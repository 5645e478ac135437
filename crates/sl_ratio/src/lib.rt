//! Lists of names, the bounds of an allocation, whole parts with remainders, and the laws of quotients; hands on what they stand on.
//!
//! Stands on `sl_base_quotients`; used by the rooms law, returns and count. Proved: a list of names has each once, and the bounds are those of the
//! definition.
#![tactic(auto)]

mod bound;
pub mod laws;
mod names;
mod remainder;

pub use bound::bounds;
pub use names::Names;
pub use remainder::hare;
pub use sl_base_quotients::{
    Adams, DIVISORS, Dean, Divisor, Entry, Hill, Jefferson, MAX_DENOMINATOR, MAX_LANDS,
    MAX_NAME_BYTES, MAX_NUMBER, MAX_NUMERATOR, MAX_PARTIES, MAX_SEATS, MAX_VOTES, MAX_WEIGHT,
    Method, NameFault, NoMemory, Ratio, Signpost, Webster, spelling_fault,
};
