//! Laws of the definitions. Each function does nothing: its contract is the law.

ghost use Rattle.sl_ratio.specs.Laws.{FiveMethods, InfiniteQuotients, QuotientsChain, EntryOrder, EveryDivisorBetween, Limits};

/// The quotients of each method fall strictly with the seats held, rise strictly with the weight where they are finite, and fit a
/// ratio (Balinski and Young, Fair Representation).
pub fn five_methods()
    ensures { FiveMethods }
{}

/// Two infinite quotients are equal, and each is greater than any other.
pub fn infinite_quotients()
    ensures { InfiniteQuotients }
{}

/// The comparison of quotients is transitive.
pub fn quotients_chain()
    ensures { QuotientsChain }
{}

/// Entries are ordered by quotient, then the smaller index as the greater, then by the parts of the ratio.
pub fn entry_order()
    ensures { EntryOrder }
{}

/// Every divisor strictly between the bounds of an allocation rounds each weight to its seats: up under Adams, to the nearest number
/// under Webster, where no half occurs, and down under Jefferson.
pub fn every_divisor_between()
    ensures { EveryDivisorBetween }
{}

/// The limits of seats, weights, numbers and names, and of the parts of a ratio.
pub fn limits()
    ensures { Limits }
{}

::::::::::

**Task instructions:** From the records above, count the lines in which the string "Adams" is found, and answer with the number alone.

**Output for this task:** 2